Feingold's Longtime Effort Comes as New Mexico Repeals Death Penalty

Washington, D.C. - As momentum builds in states to abolish the death penalty,
U.S. Senator Russ Feingold reintroduced legislation today to abolish the death
penalty at the federal level. Feingold's Federal Death Penalty Abolition Act
of 2009 would put an immediate halt to federal executions and forbid the use
of the death penalty as a sentence for violations of federal law. The use of
the death penalty has been questioned by a range of prominent voices across
the country, recently repealed in New Mexico and New Jersey, and abolished by
123 countries around the world. Feingold's bill would stop executions on the
federal level, which are part of a death penalty system that has proven to be
ineffective, wrought with racial disparities, and alarmingly costly.

"I oppose the death penalty because it is inconsistent with basic American
principles of justice, liberty and equality," Feingold said. "Governor Bill
Richardson and the New Mexico legislature's action to abolish the death
penalty in that stateadds to the growing momentum behind ending the death
penalty in this country. It is truly unfortunate that we are in a shrinking
minority of countries that continue to allow state-sponsored executions."
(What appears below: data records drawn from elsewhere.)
//! Messages of exceptions, by their UTF-16 units.

ghost use Rattle.std.specs.Prelude.{◌≡◌, ◌++◌, IfOk, OnOk};
ghost use Rattle.std.specs.Option.{option_copied};
ghost use Rattle.rules.specs.step_rules.Objects.{own_message, parameter_message, default_message, message_cell, message_of};

use crate::cil_objects::texts::units_of;
use crate::cil_objects::types::type_of;
use crate::cil_places::cell_in;
use crate::cil_queries::Answers;
use il_base::cil_values::{Cell, Obj, State};
use il_base::core_table::CoreName;
use il_base::world_model::TypeExpr;
use il_base::{NoMemory, Seq, Units};
use std::alloc::Global;

/// The message of an exception of the core library that was given none, in ASCII.
#[tactic(auto, unfolding(rules::specs::step_rules::Objects::own_message))]
fn own_text(name: CoreName) -> &'static [u8]
    ensures { result.now ≡ own_message name }
{
    match name {
        CoreName::ArgumentException => b"Value does not fall within the expected range.",
        CoreName::ArgumentNullException => b"Value cannot be null.",
        CoreName::ArgumentOutOfRangeException =>
            b"Specified argument was out of the range of valid values.",
        CoreName::InvalidOperationException =>
            b"Operation is not valid due to the current state of the object.",
        CoreName::NotSupportedException => b"Specified method is not supported.",
        CoreName::NotImplementedException => b"The method or operation is not implemented.",
        CoreName::NullReferenceException =>
            b"Object reference not set to an instance of an object.",
        CoreName::InvalidCastException => b"Specified cast is not valid.",
        CoreName::IndexOutOfRangeException => b"Index was outside the bounds of the array.",
        CoreName::ArrayTypeMismatchException =>
            b"Attempted to access an element as a type incompatible with the array.",
        CoreName::ArithmeticException => b"Overflow or underflow in the arithmetic operation.",
        CoreName::DivideByZeroException => b"Attempted to divide by zero.",
        CoreName::OverflowException => b"Arithmetic operation resulted in an overflow.",
        CoreName::FormatException => b"The input string was not in a correct format.",
        CoreName::TypeInitializationException => b"The type initializer threw an exception.",
        CoreName::TypeLoadException => b"Could not load the type.",
        CoreName::MissingMethodException => b"No parameterless constructor defined.",
        CoreName::AmbiguousMatchException => b"Ambiguous match found.",
        CoreName::TargetInvocationException => b"The target threw an exception.",
        CoreName::TargetParameterCountException => b"Parameter count mismatch.",
        CoreName::TargetException => b"Non-static method requires a target.",
        CoreName::Module
        | CoreName::Object
        | CoreName::ValueType
        | CoreName::Enum
        | CoreName::Boolean
        | CoreName::Char
        | CoreName::SByte
        | CoreName::Byte
        | CoreName::Int16
        | CoreName::UInt16
        | CoreName::Int32
        | CoreName::UInt32
        | CoreName::Int64
        | CoreName::UInt64
        | CoreName::IntPtr
        | CoreName::UIntPtr
        | CoreName::Void
        | CoreName::RuntimeTypeHandle
        | CoreName::RuntimeFieldHandle
        | CoreName::RuntimeMethodHandle
        | CoreName::String
        | CoreName::Array
        | CoreName::Console
        | CoreName::Exception
        | CoreName::Type
        | CoreName::MemberInfo
        | CoreName::MethodBase
        | CoreName::MethodInfo
        | CoreName::FieldInfo
        | CoreName::PropertyInfo
        | CoreName::Activator
        | CoreName::RuntimeHelpers
        | CoreName::IDisposable
        | CoreName::Attribute
        | CoreName::SystemException
        | CoreName::ApplicationException
        | CoreName::MemberAccessException
        | CoreName::MissingMemberException
        | CoreName::Nameless
        | CoreName::System
        | CoreName::SystemReflection
        | CoreName::SystemRuntimeCompilerServices
        | CoreName::Constructor
        | CoreName::ToString
        | CoreName::Equals
        | CoreName::GetHashCode
        | CoreName::Finalize
        | CoreName::GetType
        | CoreName::ReferenceEquals
        | CoreName::CompareTo
        | CoreName::Parse
        | CoreName::GetLength
        | CoreName::GetChars
        | CoreName::Concat
        | CoreName::OpEquality
        | CoreName::OpInequality
        | CoreName::Substring
        | CoreName::IndexOf
        | CoreName::IsNullOrEmpty
        | CoreName::CompareOrdinal
        | CoreName::WriteLine
        | CoreName::Write
        | CoreName::ReadLine
        | CoreName::Read
        | CoreName::GetMessage
        | CoreName::GetInnerException
        | CoreName::GetTypeFromHandle
        | CoreName::GetNamespace
        | CoreName::GetFullName
        | CoreName::IsAssignableFrom
        | CoreName::IsInstanceOfType
        | CoreName::GetIsValueType
        | CoreName::GetIsInterface
        | CoreName::GetIsArray
        | CoreName::GetMethod
        | CoreName::GetMethods
        | CoreName::GetField
        | CoreName::GetFields
        | CoreName::GetProperty
        | CoreName::GetProperties
        | CoreName::GetName
        | CoreName::GetDeclaringType
        | CoreName::Invoke
        | CoreName::GetIsStatic
        | CoreName::GetReturnType
        | CoreName::GetValue
        | CoreName::SetValue
        | CoreName::GetFieldType
        | CoreName::GetPropertyType
        | CoreName::CreateInstance
        | CoreName::InitializeArray
        | CoreName::Dispose
        | CoreName::Empty => b"Exception was thrown.",
    }
}

/// Puts the units of an ASCII text at the end.
fn push_text(units: &mut Units, text: &[u8]) -> Result<(), NoMemory>
    ensures { OnOk result (units.new ≡ units.old ++ text.now) }
{
    for byte in text {
        units.push(*byte as u16)?;
    }
    Ok(())
}

/// The message of an exception of the core library that was given none.
pub fn own_message(alloc: Global, name: CoreName) -> Result<Units, NoMemory>
    ensures { IfOk result (λ units. units ≡ own_message name) }
{
    let mut units = Seq::new(alloc);
    push_text(&mut units, own_text(name))?;
    Ok(units)
}

/// The message of an exception of the core library that was given a parameter's name.
#[tactic(auto, unfolding(rules::specs::step_rules::Objects::parameter_message))]
pub fn parameter_message(
    alloc: Global,
    name: CoreName,
    parameter: &[u16],
) -> Result<Units, NoMemory>
    ensures { IfOk result (λ units. units ≡ parameter_message name parameter.now) }
{
    let mut units = own_message(alloc, name)?;
    push_text(&mut units, b" (Parameter '")?;
    units.extend_from_slice(parameter)?;
    push_text(&mut units, b"')")?;
    Ok(units)
}

/// The message of an exception of a closed type that has no stored message: that of the nearest core type.
#[tactic(auto, unfolding(rules::specs::step_rules::Objects::default_message))]
pub fn default_message<Q: Answers>(alloc: Global, q: &Q, ty: &TypeExpr) -> Result<Units, NoMemory>
    ensures { IfOk result (λ units. units ≡ default_message (Q.queries q.now) ty.now) }
{
    let name = q.kin(alloc, ty)?;
    own_message(alloc, name.unwrap_or(CoreName::Exception))
}

/// The units of the message that an exception stores.
fn message_cell<'a, Q: Answers>(
    alloc: Global,
    q: &Q,
    st: &'a State,
    o: &Obj,
) -> Result<Option<&'a Units>, NoMemory>
    ensures { IfOk result (λ units. option_copied units ≡ message_cell (Q.queries q.now) st.now o.now) }
{
    match cell_in(alloc, q, Cell::Message, o)? {
        None => Ok(None),
        Some(v) => Ok(units_of(st, v)),
    }
}

/// The message of an exception: the stored one, or else the default.
#[tactic(auto, unfolding(rules::specs::step_rules::Objects::message_of))]
pub fn message_of<Q: Answers>(alloc: Global, q: &Q, st: &State, o: &Obj) -> Result<Units, NoMemory>
    ensures { IfOk result (λ units. units ≡ message_of (Q.queries q.now) st.now o.now) }
{
    match message_cell(alloc, q, st, o)? {
        Some(units) => Seq::from_slice(alloc, units.as_slice()),
        None => {
            let ty = type_of(alloc, q, o)?;
            default_message(alloc, q, &ty)
        }
    }
}
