//! Fields with their closed owners.

ghost use Rattle.std.specs.Prelude.{◌≡◌, IfOk};
ghost use Rattle.std.specs.Option.{option_map};
ghost use Rattle.rules.specs.step_rules.Closing.{accessed_use};
ghost use Rattle.machine_words.specs.cil_closing.Callees.{accessed_by};
ghost use Rattle.machine_words.specs.cil_words.Steps.{here_by};

use crate::cil_closing::closed_types::closed_cell;
use crate::cil_closing::plain::args_of;
use crate::cil_queries::Answers;
use crate::cil_words::Body;
use il_base::NoMemory;
use il_base::cil_values::{FieldDef, State};
use il_base::world_model::{FieldUse, TypeExpr};
use std::alloc::Global;

/// A field that is accessed.
#[derive(Drop)]
pub struct Accessed<'a> {
    /// The field by its place in the world.
    pub id: u32,
    /// The closed type in which it was found.
    pub owner: TypeExpr,
    pub field: &'a FieldDef,
}

/// A field with the running method's arguments put into its owner. None where the owner has then no meaning.
#[tactic(auto, unfolding(rules::specs::step_rules::Closing::accessed_use))]
pub fn accessed_use<'a, Q: Answers>(
    alloc: Global,
    q: &'a Q,
    body: &Body,
    st: &State,
    used: &FieldUse,
) -> Result<Option<Accessed<'a>>, NoMemory>
    ensures { IfOk result (λ found. option_map accessed_by found ≡ accessed_use (Q.queries q.now) (here_by body.now st.now) used.now) }
{
    let targs = args_of(&st.top.method.owner);
    let margs = st.top.method.args.as_slice();
    let Some(owner) = closed_cell(alloc, q, targs, margs, &used.owner)? else {
        return Ok(None);
    };
    let Some(field) = q.field(used.field.0) else {
        return Ok(None);
    };
    Ok(Some(Accessed {
        id: used.field.0,
        owner,
        field,
    }))
}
Feingold is not alone in his opposition to the death penalty. A range of
prominent voices have questioned the system in recent years, including former
FBI Director William Sessions, former Supreme Court Justice Sandra Day
O'Connor, law enforcement officials and many others across the political
spectrum. In 2007, only China, Iran, Saudi Arabia and Pakistan executed more
people than the United States.

In 2007, Feingold chaired a Senate Judiciary Committee, Constitution
Subcommittee hearing on oversight of the federal death penalty that
highlighted the lack of transparency at the Department of Justice in the
decision-making process about the death penalty and continuing problems of
racial disparities in the federal system. Also in 2007, the American Bar
Association called for a nationwide moratorium on capital punishment based on
its detailed study of state death penalty systems, which found racial
disparities, convictions based on bad evidence, grossly inadequate indigent
defense systems, and a host of other problems with the implementation of
capital punishment in this country.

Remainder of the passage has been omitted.